We’ve lived so long under the spell of hierarchy—from god-kings to feudal lords to party bosses—that only recently have we awakened to see not only that “regular” citizens have the capacity for self-governance, but that without their engagement our huge global crises cannot be addressed. The changes needed for human society simply to survive, let alone thrive, are so profound that the only way we will move toward them is if we ourselves, regular citizens, feel meaningful ownership of solutions through direct engagement. Our problems are too big, interrelated, and pervasive to yield to directives from on high.
—Frances Moore Lappé, excerpt from Time for Progressives to Grow Up

Friday, August 17, 2012

South Africa Police Say They Killed 34 Miners

Click here to access article by Thomas Phakane and Michelle Fault from Huffington Post

This is one of a very few pieces online that provides anything like an objective report. All mainstream news reports frame the event as police defending themselves. Of course, this is the typical way that the media of the One Percent portray all clashes between the 99 Percent and themselves and/or their enforcers.

Some accurate reports covering other aspects of this incident are from World War 4 Report entitled "South Africa: paranoid politics of platinum mine massacre" and from CounterFire entitled "South Africa: the story behind a brutal police massacre".  

Most class wars are of a non-violent type in the sense that they occur in legislative bodies and legal courts that are controlled by the One Percent.

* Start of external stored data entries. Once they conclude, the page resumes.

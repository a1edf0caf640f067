//! All memory that a process can get, held by a test, so that what the test calls meets want of memory that is real.
//!
//! 1. `Hoard::new` sets pieces aside and then takes every address that is left, in blocks that grow as long as they can. A
//!    block that nobody writes costs no more than its first page.
//! 2. `leave` gives so many bytes back, in one piece. A test calls what it tests with more and more of them, until nothing is
//!    refused.
//! 3. `open` gives a whole piece back, for what the test does between two such calls, and `shut` takes again what is left.
//!
//! A process that holds a hoard can start no thread. No clause says that memory is refused: a test counts how often it was.
#![tactic(auto)]

use std::alloc::{AllocError, Global};

/// The largest piece. An allocator may ask the system for a larger one by itself, and give it back there.
pub const LARGEST_PIECE: usize = 64 << 10;

// The largest block that is asked for at first, and how often a block grows by its size.
const LARGEST: usize = 1 << 40;

const GROWTHS: usize = 64;

// The most blocks that are held, of all sizes.
const BLOCKS: usize = 1 << 16;

// An allocator keeps small pieces that were given back for requests of their own size, up to this one.
const SMALL: usize = 2048;

// How deep the stack is before its addresses are taken.
const DEPTH: usize = 1 << 20;

/// Every address of a process, but for what was left.
#[derive(Drop)]
pub struct Hoard {
    alloc: Global,
    blocks: Vec<Vec<u8>>,
    pieces: Vec<Vec<u8>>,
    piece: usize,
}

// Uses as much of the stack as a test may need later: a stack can't grow into addresses that are taken.
fn deepen() -> u8 {
    let deep = [1; DEPTH];
    deep[DEPTH / 2]
}

// A block of this size, grown as long as it can.
fn grown(alloc: Global, size: usize) -> Option<Vec<u8>> {
    let mut block = Vec::with_capacity(alloc, size).ok()?;
    for times in 2..=GROWTHS {
        let Ok(()) = block.reserve_exact(size.saturating_mul(times)) else {
            return Some(block);
        };
    }
    Some(block)
}

impl Hoard {
    /// Takes all memory. So many pieces of it, of so many bytes each, are there to be given back later.
    pub fn new(alloc: Global, pieces: usize, piece: usize) -> Result<Hoard, AllocError> {
        let _deep = deepen();
        let piece = piece.min(LARGEST_PIECE);
        let mut hoard = Hoard {
            alloc,
            blocks: Vec::with_capacity(alloc, BLOCKS)?,
            pieces: Vec::with_capacity(alloc, pieces)?,
            piece,
        };
        for _ in 0..pieces {
            hoard.pieces.push(Vec::with_capacity(alloc, piece)?)?;
        }
        for halves in 0..29u32 {
            hoard.grow(LARGEST >> halves);
        }
        hoard.shut();
        Ok(hoard)
    }

    // Holds a block. Says whether there was room for it.
    fn hold(&mut self, block: Vec<u8>) -> bool {
        self.blocks.len() < self.blocks.capacity() && self.blocks.push(block).is_ok()
    }

    // Takes blocks that begin with this size, as long as there are any.
    fn grow(&mut self, size: usize) {
        for _ in 0..BLOCKS {
            let Some(block) = grown(self.alloc, size) else {
                return;
            };
            if !self.hold(block) {
                return;
            }
        }
    }

    // Takes blocks of this size, as long as there are any.
    fn take(&mut self, size: usize) {
        for _ in 0..BLOCKS {
            let Ok(block) = Vec::with_capacity(self.alloc, size) else {
                return;
            };
            if !self.hold(block) {
                return;
            }
        }
    }

    /// Takes all that was given back.
    pub fn shut(&mut self) {
        for halves in 0..5u32 {
            self.take(LARGEST_PIECE >> halves);
        }
        for count in 0..SMALL / 8 {
            self.take(SMALL - 8 * count);
        }
    }

    /// Leaves so many bytes more, in one piece. Says whether that could be done, which takes one of the pieces.
    pub fn leave(&mut self, room: usize) -> bool {
        let is_open = self.open();
        match Vec::with_capacity(self.alloc, self.piece.saturating_sub(room)) {
            Ok(block) => is_open && self.hold(block),
            Err(_) => false,
        }
    }

    /// Leaves a whole piece more. Says whether there was one.
    pub fn open(&mut self) -> bool {
        self.pieces.pop().is_some()
    }
}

However, whenever they cannot be successful by these bodies, the One Percent have no compunctions about using violence against workers to gain their wealth.

The One Percent in the US have their own history of massacres against striking workers: the 1886 Haymarket massacre, the 1892 Homestead Strike massacre, the 1894 Pullman Strike massacre, the 1897 Lattimore Massacre, the 1914 Ludlow Massacre, and the 1937 Chicago Memorial Day massacre among the most notorious.